Ask HN: Self-taught or college education? - alinalex
Self-taught or college education?<p>Hey there, I am a self-taught programmer and I want to ask you how many of you learned programming by learning it on your own and how much went to a university and got their CS degree. I&#x27;m asking you this as I was talking with other fellow programmers about the fact that people prefer the university path because being self-taught is a lonely pursuit. Do you agree? Thanks, Alin R.
======
informatimago
Both.

You learn programming by programming, and this is not something you learn ex
cathedra: you have to do it yourself.

On the other hand, it's nice to go to the university to have some human
contact with teachers and students. There are also a few things, some know-how
knowledge that's best learned amongst peers, than by experimenting alone or
from the books.

Then there's yet another option nowadays: MOOCs. There you have almost all the
positive sides: \- you learn alone, \- you have a teacher giving ex cathedra
lectures, \- you have also some contact with other students thru forums.

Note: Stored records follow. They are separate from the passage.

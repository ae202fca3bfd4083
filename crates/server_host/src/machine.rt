ghost use Rattle.std.specs.Prelude.{◌≡◌, ◌≤◌, IfOk};
ghost use Rattle.proto_model.specs.Servers.{idle_server};
ghost use Rattle.partition_server.specs.Held.{config_of, state_of};

use partition_server::Server;
use proto_model::{FromNode, FromServer, Phase, ToNode, ToServer};
use server_loop::{Driven, Host};
use std::alloc::{AllocError, Global};
use std::marker::Model;

/// The partition's server, as its command drives it. It knows how much the nodes lack.
#[derive(Drop)]
pub struct Machine {
    server: Server,
    nodes: u8,
}

impl Model for Machine {
    ghost use Rattle.partition_server.specs.Held.{Held};
    ghost use Rattle.server_host.specs.Machines.{IsMachine};

    ghost Value = { Held };

    ghost view = { λ m. m.server };

    ghost invariant = { λ m. IsMachine m.server m.nodes };
}

impl Machine {
    /// An idle server of so many nodes, with a lock table of so many rows and slots in each.
    pub fn new(alloc: Global, nodes: u8, rows: u8, slots: u32) -> Result<Machine, AllocError>
        requires some_nodes { 1 ≤ nodes }
        requires few_nodes { nodes ≤ 7 }
        requires some_rows { 1 ≤ rows }
        requires few_rows { rows ≤ 8 }
        requires some_slots { 1 ≤ slots }
        requires few_slots { slots ≤ 4096 }
        ensures value { IfOk result (λ m. state_of m ≡ idle_server) }
        ensures config { IfOk result (λ m. config_of m ≡
            record { nodes = nodes; rows = rows; slots = slots }) }
    {
        let server = Server::new(alloc, nodes, rows, slots)?;
        Ok(Machine { server, nodes })
    }
}

impl Driven for Machine {
    ghost use Rattle.partition_server.specs.Held.{config_of, state_of};
    ghost use Rattle.server_host.specs.Lacking.{lack_of};
    ghost use Rattle.server_host.specs.Bounds.{lack_bound};

    ghost config = { λ m. config_of m };

    ghost state = { λ m. state_of m };

    ghost lack = { λ m. lack_of (state_of m) };

    ghost bound = { λ m. lack_bound (state_of m) };

    fn nodes(&self) -> u8 {
        self.nodes
    }

    fn last(&self) -> u64 {
        self.server.last()
    }

    fn is_closed(&self) -> bool {
        match self.server.phase() {
            Phase::Closed(_) => true,
            Phase::Idle => false,
            Phase::Opening => false,
            Phase::Fetching => false,
            Phase::Repairing => false,
            Phase::Running => false,
        }
    }

    fn next_for(&self, node: u8) -> Result<Option<ToNode>, AllocError> {
        self.server.next_for(node)
    }

    fn receive(&mut self, node: u8, m: FromNode) -> Result<(), AllocError> {
        match self.server.receive(node, m) {
            Ok(_) => Ok(()),
            Err(_) => Err(AllocError),
        }
    }
}

impl Host for Machine {
    fn drew(&mut self, session: u64) {
        self.server.drew(session)
    }

    fn phase(&self) -> Phase {
        self.server.phase()
    }

    fn committed(&self) -> u64 {
        self.server.committed()
    }

    fn serve(&mut self, m: ToServer) -> Result<Option<FromServer>, AllocError> {
        self.server.serve(&m)
    }
}
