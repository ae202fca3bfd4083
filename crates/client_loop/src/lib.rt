//! The client's command, which does a script against a server, and the command that stops whoever serves at a port.
#![tactic(auto)]

mod append;
mod ask;
mod end;
mod exchange;
mod input;
mod lines;
mod says;
mod script;
mod stopping;
mod sync;

pub use script::run_client;
pub use stopping::stop;
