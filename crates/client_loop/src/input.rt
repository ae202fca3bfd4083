ghost use Rattle.std.specs.Prelude.{◌≡◌, [], Err, IfOk};
ghost use Rattle.std.specs.Io.KnownBytes.{prepend_known};
ghost use Rattle.io_core.specs.Causes.{HasCauseOrMemory};
ghost use Rattle.io_core.specs.Lines.{TakesPart, IsTooLong};
ghost use Rattle.schedule_text.specs.Taken.{ReadsOn};
ghost use Rattle.client_loop.specs.Ends.{Counts};
ghost use Rattle.client_loop.specs.Reading.{IsLineOrBad, IsLongBad, IsNextOf, LastOf};

use crate::end::End;
use io_core::{Fault, Pending, ReadLine, Source, next_byte, next_line};
use schedule_text::{LineFault, ScriptLine, long_lines_are_bad, read_script};
use std::alloc::{AllocError, Global};

/// What was read and not used yet, and the line that is read now.
#[derive(Drop)]
pub struct Input {
    pub pending: Pending,
    line: Vec<u8>,
}

impl Input {
    pub fn new(alloc: Global) -> Input
        ensures { result.pending ≡ [] }
    {
        Input {
            pending: Pending::new(),
            line: Vec::new(alloc),
        }
    }
}

/// What the next line of a script is.
#[derive(Drop)]
pub enum Next {
    Line(ScriptLine),
    /// It is none, from this place on.
    Bad(u64),
    /// There is none.
    End,
}

// What a line is.
fn read_whole(alloc: Global, line: &[u8]) -> Result<Next, AllocError>
    ensures { IfOk result (IsLineOrBad line.now) }
{
    match read_script(alloc, line) {
        Ok(script) => Ok(Next::Line(script)),
        Err(LineFault::Bad(at)) => Ok(Next::Bad(at)),
        Err(LineFault::Range(_)) => Err(AllocError),
        Err(LineFault::Memory) => Err(AllocError),
    }
}

// Where a line is bad that begins so and is too long.
#[tactic(auto, using(crate::proofs::NextLines::long_is_bad))]
fn read_long(alloc: Global, front: &[u8]) -> Result<Next, AllocError>
    requires { IsTooLong 512 front.now }
    ensures { IfOk result (IsLongBad front.now) }
{
    // So the line is bad where its front is.
    long_lines_are_bad();
    match read_script(alloc, front) {
        Ok(_) => Err(AllocError),
        Err(LineFault::Bad(at)) => Ok(Next::Bad(at)),
        Err(LineFault::Range(_)) => Err(AllocError),
        Err(LineFault::Memory) => Err(AllocError),
    }
}

/// Reads the next line, and what it is.
pub fn next_script<S: Source>(
    alloc: Global,
    source: &mut S,
    input: &mut Input,
) -> Result<Next, Fault>
    ensures next { IfOk result (IsNextOf
        (prepend_known input.old.pending (S.left source.old))
        (prepend_known input.new.pending (S.left source.new))) }
    ensures failed { result ≡ Err Fault.Failed → (input.new.pending ≡ [])
        × TakesPart 512 (prepend_known input.old.pending (S.left source.old)) (S.left source.new) }
    ensures reads { ReadsOn S.left S.before source.old source.new 512 input.old.pending }
    ensures cause { HasCauseOrMemory (S.faults source.old) (S.faults source.new) result }
{
    match next_line(source, &mut input.pending, &mut input.line) {
        Ok(ReadLine::End) => Ok(Next::End),
        Ok(ReadLine::TooLong) => match read_long(alloc, &input.line) {
            Ok(next) => Ok(next),
            Err(_) => Err(Fault::Memory),
        },
        Ok(ReadLine::Line) => match read_whole(alloc, &input.line) {
            Ok(next) => Ok(next),
            Err(_) => Err(Fault::Memory),
        },
        Err(fault) => Err(fault),
    }
}

/// Looks for a byte after the last line that is allowed.
pub fn read_last<S: Source>(source: &mut S, input: &mut Input) -> End
    ensures last { LastOf
        (prepend_known input.old.pending (S.left source.old))
        (prepend_known input.new.pending (S.left source.new)) result }
    ensures empty { result ≡ End.ReadFault → input.new.pending ≡ [] }
    ensures reads { result ≡ End.Limit → ReadsOn S.left S.before source.old source.new 0 input.old.pending }
    ensures faults { Counts (S.faults source.old) (S.faults source.new) (result ≡ End.ReadFault) }
{
    match next_byte(source, &mut input.pending) {
        Ok(Some(_)) => End::Limit,
        Ok(None) => End::Done,
        Err(_) => End::ReadFault,
    }
}
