ghost use Rattle.std.specs.Prelude.{◌≡◌, ◌≤◌, ◌<◌, ◌⊎◌, ◌++◌, ℕ, List, vec_len};
ghost use Rattle.io_core.specs.Causes.{Rose};
ghost use Rattle.proto_model.specs.Servers.{ServerState};
ghost use Rattle.server_loop.specs.declared.end.End.{End as EndValue};
ghost use Rattle.server_loop.specs.Ends.{Prints, IsBroken, HasCountedOuts, status_of, last_line};
ghost use Rattle.server_loop.specs.Turns.{desk};
ghost use Rattle.server_loop.specs.Serving.{standing};
ghost use Rattle.server_loop.specs.Sessions.{Opens, Runs};
ghost use Rattle.server_host.specs.Posts.{post_of};

use crate::machine::Machine;
use io_core::{Link, Port, Sink};
use server_loop::host_session;
use std::alloc::Global;

/// What a server is told when it is started.
#[derive(Drop)]
pub struct Setting {
    /// Where it listens.
    pub port: u16,
    /// Where the register listens.
    pub register: u16,
    /// Rows of its lock table.
    pub rows: u8,
    /// Slots of each row.
    pub slots: u32,
    /// Where the nodes listen, in the order of their numbers.
    pub nodes: Vec<u16>,
}

/// Draws a session, recovers the log and serves clients, up to an end. The status is given.
pub fn serve_server<L: Link, P: Port, W: Sink>(
    alloc: Global,
    link: &mut L,
    port: &mut P,
    setting: &Setting,
    sink: &mut W,
) -> u8
    requires some_nodes { 1 ≤ vec_len setting.now.nodes }
    requires few_nodes { vec_len setting.now.nodes ≤ 7 }
    requires some_rows { 1 ≤ setting.now.rows }
    requires few_rows { setting.now.rows ≤ 8 }
    requires some_slots { 1 ≤ setting.now.slots }
    requires few_slots { setting.now.slots ≤ 4096 }
    ensures serves { (end : EndValue) × (lines : List ℕ)
        × Prints (W.contents sink.old) (W.contents sink.new) (lines ++ last_line end) (status_of end) result
        × HasCountedOuts end (L.faults link.old) (L.faults link.new)
        × (L.tells → Opens (post_of setting.now) (L.transcript link.old) (L.transcript link.new) end)
        × (L.tells → P.tells → (after : ServerState) × Runs (post_of setting.now) (L.transcript link.old) (P.coming port.old) (P.answers port.old)
        (desk (P.coming port.new) (P.answers port.new) (standing after (L.transcript link.new))) lines end) }

    // A fault is told only where it was counted, and is told where it was.
    ensures write { result ≡ 11 → Rose (W.faults sink.old) (W.faults sink.new) }
    ensures told { W.faults sink.old < W.faults sink.new → result ≡ 11 }
    ensures peer { result ≡ 13 → Rose (P.faults port.old) (P.faults port.new) }
    ensures peer_told { P.faults port.old < P.faults port.new → (result ≡ 13) ⊎ IsBroken result }
    ensures register { result ≡ 14 → Rose (L.faults link.old) (L.faults link.new) }
{
    let count = setting.nodes.len() as u8;
    let Ok(mut machine) = Machine::new(alloc, count, setting.rows, setting.slots) else {
        return 20;
    };
    host_session(
        alloc,
        &mut machine,
        link,
        setting.register,
        &setting.nodes,
        port,
        setting.port,
        sink,
    )
}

And for some of the know-how transmission, some programmers post videos on
youtube of their development process; it's not entirely perfect, but it's a
step.

One thing for which it can help to learn in the same room as a teacher and
students, is to debug your learning process, or to detect the errors in know-
how you may have learned: somebody may notice you're doing something wrong and
tell you. With self-learning, or with remote learning (MOOC), it's easy to
check whether the result you obtain is right or wrong, but if you obtain the
result doing the wrong thing, it's harder to detect and to correct. Then it's
up to you to experiment a lot and to hope to find a good local extremum of
know-how.

------
samuellb
I learned to program myself and did some small-scale freelancing as a web
developer while in high school. But after that I went to university because I
felt it would be easier to get a job with an academic education, and also
because it's free in my country.

If I had to pay I'd probably not have applied. IMHO you can learn pretty much
everything by reading Wikipedia and other free sites, as long as you're able
to stay focused. On the other hand, you'll get to know like-minded people in
university, and many people find their first job through their fellow
students. So there's definitely a social aspect to it as you say.